# Congrats Joaquim & Hildur Guðnadóttir! I'm excited to have some music in such a HUGE movie!



## windshore (Jan 6, 2020)

In The Joker Movie, De Niro's chracter has a late night talk show. I wrote the theme last year (with Judd Crane for Founder Music) & was excited it actually made it through to the film! Now the film has turned into the biggest R-rated film of all time... now the awards! They wanted something between a big band like Johnny Carson and one of the smaller late-night shows of today. Check it out. Here's the main scene that uses it:


----------



## Fever Phoenix (Jan 6, 2020)

windshore said:


> In The Joker Movie, De Niro's chracter has a late night talk show. I wrote the theme last year (with Judd Crane for Founder Music) & was excited it actually made it through to the film! Now the film has turned into the biggest R-rated film of all time... now the awards! They wanted something between a big band like Johnny Carson and one of the smaller late-night shows of today. Check it out. Here's the main scene that uses it:




congratulations!


----------



## NoamL (Jan 6, 2020)

Congrats @windshore . Your track is right on brief!  And they really incorporated it with the acting.

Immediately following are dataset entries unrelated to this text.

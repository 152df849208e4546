// A 3-dimensional vector. Plain arithmetic takes every f64, and rounds each operation once, in the order written.
ghost use Rattle.std.specs.Prelude.{◌≡◌, [], ◌∷◌};
ghost use Rattle.std.specs.Float.Ieee as Ieee;
ghost use Rattle.std.specs.Float.{binary64};
ghost use Rattle.std.specs.Float as Floats;
ghost use Rattle.fault.specs.Answers.{answer};
ghost use Rattle.exact.specs.Vector.{dot3, cross3, scale3, plus3};
ghost use Rattle.rounding.specs.Value.{floats};
ghost use Rattle.vectors.specs.Masks.{index_fault};
ghost use Rattle.vectors.specs.Vectors.{parts, vec3, listed3, minus3, over3, opposite3, finite3, nan3, unit, unit_fault, recip, orthonormal, component};

use crate::Vector;
use fault::RotationFault;
use std::ops::{Add, Div, Mul, Neg, Sub};

#[derive(Clone, Copy, PartialEq, Debug)]
pub struct DVec3 {
    pub x: f64,
    pub y: f64,
    pub z: f64,
}

impl DVec3 {
    // All zeros.
    pub const ZERO: DVec3 = DVec3 {
        x: 0.0,
        y: 0.0,
        z: 0.0,
    };

    // A unit vector along the positive X axis.
    pub const X: DVec3 = DVec3 {
        x: 1.0,
        y: 0.0,
        z: 0.0,
    };

    // A unit vector along the positive Y axis.
    pub const Y: DVec3 = DVec3 {
        x: 0.0,
        y: 1.0,
        z: 0.0,
    };

    // A unit vector along the positive Z axis.
    pub const Z: DVec3 = DVec3 {
        x: 0.0,
        y: 0.0,
        z: 1.0,
    };

    // A unit vector along the negative Z axis: where a lamp that is not turned sends its beam.
    pub const NEG_Z: DVec3 = DVec3 {
        x: 0.0,
        y: 0.0,
        z: -1.0,
    };

    pub fn new(x: f64, y: f64, z: f64) -> DVec3
        ensures { result ≡ vec3 x y z }
    {
        DVec3 { x, y, z }
    }

    pub fn from_array(a: [f64; 3]) -> DVec3
        ensures { result ≡ listed3 a }
    {
        DVec3::new(a[0], a[1], a[2])
    }

    pub fn to_array(self) -> [f64; 3]
        ensures { result ≡ self.x ∷ self.y ∷ self.z ∷ [] }
    {
        [self.x, self.y, self.z]
    }

    // The original's `self[index]`, which panics where this refuses, so that `Index` would not do.
    pub fn at(self, index: usize) -> Result<f64, RotationFault>
        ensures { result ≡ answer (index_fault 3 index) (component self index) }
    {
        match index {
            0 => Ok(self.x),
            1 => Ok(self.y),
            2 => Ok(self.z),
            _ => Err(RotationFault::TooShort(1)),
        }
    }

    // The cross product of `self` and `rhs`.
    pub fn cross(self, rhs: DVec3) -> DVec3
        ensures { parts result ≡ cross3 floats (parts self) (parts rhs) }
    {
        DVec3::new(
            self.y * rhs.z - rhs.y * self.z,
            self.z * rhs.x - rhs.z * self.x,
            self.x * rhs.y - rhs.x * self.y,
        )
    }

    // A vector of length 1 that is orthogonal to `self`, which is to be normalised. After Duff et al., "Building an Orthonormal Basis, Revisited", 2017.
    pub fn any_orthonormal_vector(self) -> Result<DVec3, RotationFault>
        ensures { result ≡ answer (unit_fault 0 (parts self)) (orthonormal self) }
    {
        self.check_unit(0)?;
        Ok(self.orthonormal_raw())
    }

    // The same with no test, for a caller that has tested the vector.
    pub fn orthonormal_raw(self) -> DVec3
        ensures { result ≡ orthonormal self }
    {
        let sign = self.z.signum();
        let a = -1.0 / (sign + self.z);
        let b = self.x * self.y * a;
        DVec3::new(b, sign + self.y * self.y * a, -self.y)
    }

    // The components in the opposite order.
    pub fn zyx(self) -> DVec3
        ensures { result ≡ vec3 self.z self.y self.x }
    {
        DVec3::new(self.z, self.y, self.x)
    }
}

impl From<[f64; 3]> for DVec3 {
    ghost from_gives = { λ a v. v ≡ listed3 a };

    fn from(a: [f64; 3]) -> DVec3 {
        DVec3::from_array(a)
    }
}

impl From<DVec3> for [f64; 3] {
    ghost from_gives = { λ v a. a ≡ v.x ∷ v.y ∷ v.z ∷ [] };

    fn from(v: DVec3) -> [f64; 3] {
        v.to_array()
    }
}

impl Vector for DVec3 {
    ghost inner = { λ u v. dot3 floats (parts u) (parts v) };

    ghost finite = { λ v. finite3 (parts v) };

    ghost some_nan = { λ v. nan3 (parts v) };

    fn dot(self, rhs: DVec3) -> f64 {
        (self.x * rhs.x) + (self.y * rhs.y) + (self.z * rhs.z)
    }

    fn is_finite(self) -> bool {
        self.x.is_finite() && self.y.is_finite() && self.z.is_finite()
    }

    fn is_nan(self) -> bool {
        self.x.is_nan() || self.y.is_nan() || self.z.is_nan()
    }
}

impl Add for DVec3 {
    type Output = DVec3;

    ghost add_gives = { λ u v r. parts r ≡ plus3 floats (parts u) (parts v) };

    fn add(self, rhs: DVec3) -> DVec3 {
        DVec3::new(self.x + rhs.x, self.y + rhs.y, self.z + rhs.z)
    }
}

impl Sub for DVec3 {
    type Output = DVec3;

    ghost sub_gives = { λ u v r. parts r ≡ minus3 (parts u) (parts v) };

    fn sub(self, rhs: DVec3) -> DVec3 {
        DVec3::new(self.x - rhs.x, self.y - rhs.y, self.z - rhs.z)
    }
}

impl Mul<f64> for DVec3 {
    type Output = DVec3;

    ghost mul_gives = { λ v s r. parts r ≡ scale3 floats (parts v) s };

    fn mul(self, rhs: f64) -> DVec3 {
        DVec3::new(self.x * rhs, self.y * rhs, self.z * rhs)
    }
}

impl Div<f64> for DVec3 {
    type Output = DVec3;

    ghost div_gives = { λ v s r. parts r ≡ over3 (parts v) s };

    fn div(self, rhs: f64) -> DVec3 {
        DVec3::new(self.x / rhs, self.y / rhs, self.z / rhs)
    }
}

impl Neg for DVec3 {
    type Output = DVec3;

    ghost neg_gives = { λ v r. parts r ≡ opposite3 (parts v) };

    fn neg(self) -> DVec3 {
        DVec3::new(-self.x, -self.y, -self.z)
    }
}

This Joker movie is a huge success story. R rating, no China release, original-ish IP, and it still tops 1 billion. I hope it launches Hildur to A-list, she deserves it.


----------



## Richard Wilkinson (Jan 6, 2020)

Congrats! This is awesome, and so cool to see it front & centre as NoamL says. You should be super proud.


----------



## Living Fossil (Jan 6, 2020)

Congratulations! Your theme is spot on; wonderful how it's integrated in the scene!


----------



## YaniDee (Jan 6, 2020)

Congrats..Right on cue!


----------



## windshore (Feb 11, 2020)

Awesome to have contributed to what is now an Oscar winning film for score and best actor! Yahoo!


----------



## Loïc D (Feb 11, 2020)

Congrats !!!


----------



## Mike Marino (Feb 11, 2020)

Well done, sir! Congrats!


----------



## Leslie Fuller (Feb 11, 2020)

Congratulations!


----------



## ironbut (Feb 12, 2020)

Fan-tastic!


----------



## marclawsonmusic (Feb 13, 2020)

Congrats!


----------